邂逅
幽霊など存在しない。宇宙人も超能力も妖怪も存在しない。
要するに、俺は現代科学で証明しえない事象の全てを信じていない。
いや、いなかった。
―彼女に出会うまでは。
ポケットの中でスマートホンが小さく鳴る。アラームを切って時間を確認。午後五時。
俺は読んでいた本を閉じ、鞄にしまった。
この時間なら、正門前でのサークル勧誘もやっていまい。
俺は人混みが嫌いだ。様々な人の視線や音や匂いに酔いそうになる。すぐに気分が悪くなってしまう。
人付き合いに向いていないんだろうと俺は思っている。要するに、向き不向きの問題なのだ。
だからこそ帰宅途中に人混みに出くわさないように、最善の時間を狙って帰る。
何とかして新入生を獲得しようと奮闘する、各サークルの意気込みは認めるのだが、入る気など毛頭ないなのにしつこく勧誘されるこちらの身にもなってもらいたい。

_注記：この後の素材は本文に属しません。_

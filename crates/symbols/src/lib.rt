// Declarations of sorts, constructors and predicates.
#![tactic(auto)]

ghost use Rattle.std.specs.Prelude.{◌≡◌};
ghost use Rattle.outcomes.specs.Leaving.{◌leaving◌};
ghost use Rattle.outcomes.specs.Told.{told};
ghost use Rattle.symbols.specs.Symbols.{reserved, sort_named, entered, described, sort_declared, inputs, signature};
ghost use Rattle.symbols.specs.Symbols.{symbol_entered, constructor_declared, predicate_declared};

use items::{Counted, Walk, places};
use outcomes::Refusal;

// Keeps words of the theory free.
#[tactic(auto, unfolding(crate::specs::Symbols::reserved))]
pub fn reserve(w: Walk, n: u32) -> Walk
    ensures { result ≡ reserved w n }
{
    Walk {
        top: words::plus(w.top, n),
        ..w
    }
}

// The address of the sort that is named next.
#[tactic(auto, unfolding(crate::specs::Symbols::sort_named, crate::specs::Symbols::sort_from))]
pub fn sort_named(rulebook: Counted<'_>, heap: &[u32], w: Walk) -> Result<(u32, Walk), Refusal>
    ensures { told result ≡ sort_named rulebook.entry.text.now rulebook.entry.counts.now heap.now w }
{
    let (s, t, q) = rulebook.declared_name(w)?;
    let text = rulebook.text;
    let name = words::part(text, s, t);
    let e = names::find(heap, places::SORTS, places::BUCKETS, text, name).ok_or(Refusal::Unknown)?;
    Ok((e, q))
}

// A new entry at e, among those of these buckets, which stay a number: an enum of the kinds would ask more of callers. The name goes by its
// bounds, since these are what an entry keeps.
#[tactic(auto, unfolding(crate::specs::Symbols::entered))]
pub fn enter(
    text: &[u8],
    heap: &mut [u32],
    buckets: u32,
    e: u32,
    s: usize,
    t: usize,
    w: Walk,
) -> Result<Walk, Refusal>
    ensures { (told result leaving heap.new) ≡ entered text.now buckets e s t w heap.old }
{
    let name = words::part(text, s, t);
    if names::find(heap, buckets, places::BUCKETS, text, name).is_some() {
        return Err(Refusal::Duplicate);
    }
    names::add(heap, buckets, places::BUCKETS, e, text, s, t);
    Ok(w)
}

// Writes the two words behind an entry's name.
#[tactic(auto, unfolding(crate::specs::Symbols::described))]
pub fn describe(heap: &mut [u32], e: u32, a: u32, b: u32)
    ensures { heap.new ≡ described e a b heap.old }
{
    words::put(heap, e as usize + places::OUTPUT, a);
    words::put(heap, e as usize + places::ARITY, b);
}

// "`(sort N)`: N, then duplicate."
#[tactic(auto, unfolding(crate::specs::Symbols::sort_declared))]
pub fn declare_sort(rulebook: Counted<'_>, heap: &mut [u32], w: Walk) -> Result<Walk, Refusal>
    ensures { (told result leaving heap.new) ≡ sort_declared rulebook.entry.text.now rulebook.entry.counts.now w heap.old }
{
    let (s, t, q) = rulebook.declared_name(w)?;
    let p = enter(rulebook.text, heap, places::SORTS, w.top, s, t, q)?;
    items::close(rulebook.text, reserve(p, places::SORT_WORDS))
}

// A symbol's inputs, then the closing.
#[tactic(auto, using(crate::proofs::Turns::turns))]
pub fn read_inputs(
    rulebook: Counted<'_>,
    heap: &mut [u32],
    n: u32,
    w: Walk,
) -> Result<Walk, Refusal>
    ensures { (told result leaving heap.new) ≡ inputs n rulebook.entry.text.now rulebook.entry.counts.now w heap.old }
{
    let mut v = w;
    for _ in 0..n {
        let (a, q) = sort_named(rulebook, heap, v)?;
        v = items::push(heap, a, q);
    }
    items::close(rulebook.text, v)
}

// A symbol's name, the number of its inputs and the walk after them.
#[tactic(auto, unfolding(crate::specs::Symbols::signature))]
pub fn read_signature(
    rulebook: Counted<'_>,
    heap: &mut [u32],
    w: Walk,
) -> Result<(usize, usize, u32, Walk), Refusal>
    ensures { (told result leaving heap.new) ≡ signature rulebook.entry.text.now rulebook.entry.counts.now w heap.old }
{
    let (s, t, q) = rulebook.declared_name(w)?;
    let (n, p) = rulebook.next_list(q)?;
    let o = read_inputs(rulebook, heap, n, reserve(p, places::SYMBOL))?;
    Ok((s, t, n, o))
}

// A symbol's entry, then the closing of its declaration. Where the entry is, its name and what it says are nine words: a struct of them would be made for
// this one call, and so for a rule's entry.
#[tactic(auto, unfolding(crate::specs::Symbols::symbol_entered))]
pub fn enter_symbol(
    text: &[u8],
    heap: &mut [u32],
    buckets: u32,
    e: u32,
    s: usize,
    t: usize,
    output: u32,
    n: u32,
    w: Walk,
) -> Result<Walk, Refusal>
    ensures { (told result leaving heap.new) ≡ symbol_entered text.now buckets e s t output n w heap.old }
{
    let q = enter(text, heap, buckets, e, s, t, w)?;
    describe(heap, e, output, n);
    items::close(text, q)
}

// `(ctor N (S...) S)`: "N, inputs left to right, output, duplicate."
#[tactic(auto, unfolding(crate::specs::Symbols::constructor_declared))]
pub fn declare_constructor(
    rulebook: Counted<'_>,
    heap: &mut [u32],
    w: Walk,
) -> Result<Walk, Refusal>
    ensures { (told result leaving heap.new) ≡ constructor_declared rulebook.entry.text.now rulebook.entry.counts.now w heap.old }
{
    let (s, t, n, q) = read_signature(rulebook, heap, w)?;
    let (output, p) = sort_named(rulebook, heap, q)?;
    let text = rulebook.text;
    enter_symbol(text, heap, places::CONSTRUCTORS, w.top, s, t, output, n, p)
}

// `(pred N (S...))`: the same without an output, for which 0 stands, which is no sort's address.
#[tactic(auto, unfolding(crate::specs::Symbols::predicate_declared))]
pub fn declare_predicate(rulebook: Counted<'_>, heap: &mut [u32], w: Walk) -> Result<Walk, Refusal>
    ensures { (told result leaving heap.new) ≡ predicate_declared rulebook.entry.text.now rulebook.entry.counts.now w heap.old }
{
    let (s, t, n, q) = read_signature(rulebook, heap, w)?;
    let text = rulebook.text;
    enter_symbol(text, heap, places::PREDICATES, w.top, s, t, 0, n, q)
}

想定通り正門前に人気はなかった。ほっと息をつき、俺はうつむきがちに歩いた。だから門を出て曲がったところで、飛び出してきた人影に気付かず衝突し、無様にも尻餅をついてしまった。転んだ拍子に鞄の中身をぶちまけてしまった。
「ご、ごめんなさい……」
「いや、こっちこそ」
俺にぶつかり自身も派手に転倒した女性は、すぐさま体を起こすとぺこぺこと頭を下げてきた。彼女が頭を下げるたびに、長い黒髪も一緒に揺れる。
「俺も不注意だったし…」
言いながら俺は落ちた持ち物を拾い集めた。最後に本を拾って立ち上がる。
「シャーロック・ホームズ…」
俺が拾い上げた本に目を留めたらしく、彼女が本の主人公の名前を呟く。
「ホームズがお好きなんですか?」
問いかける彼女の顔を見て、俺は思わず返事に詰まった。
―綺麗だ。
問いに対する答えよりもまず、その感想が脳裏に浮かんだ。
「というより推理小説が好き」
どぎまぎして意図せず早口で喋ってしまった。
「私もです」
にこっと笑って答えるその表情が眩しすぎて俺は思わず目をそらしてしまった。俺はこんな美人と話す耐性などついていない。顔が紅潮してしまい、言葉は口の中でもにょもにょ言って消えてしまう。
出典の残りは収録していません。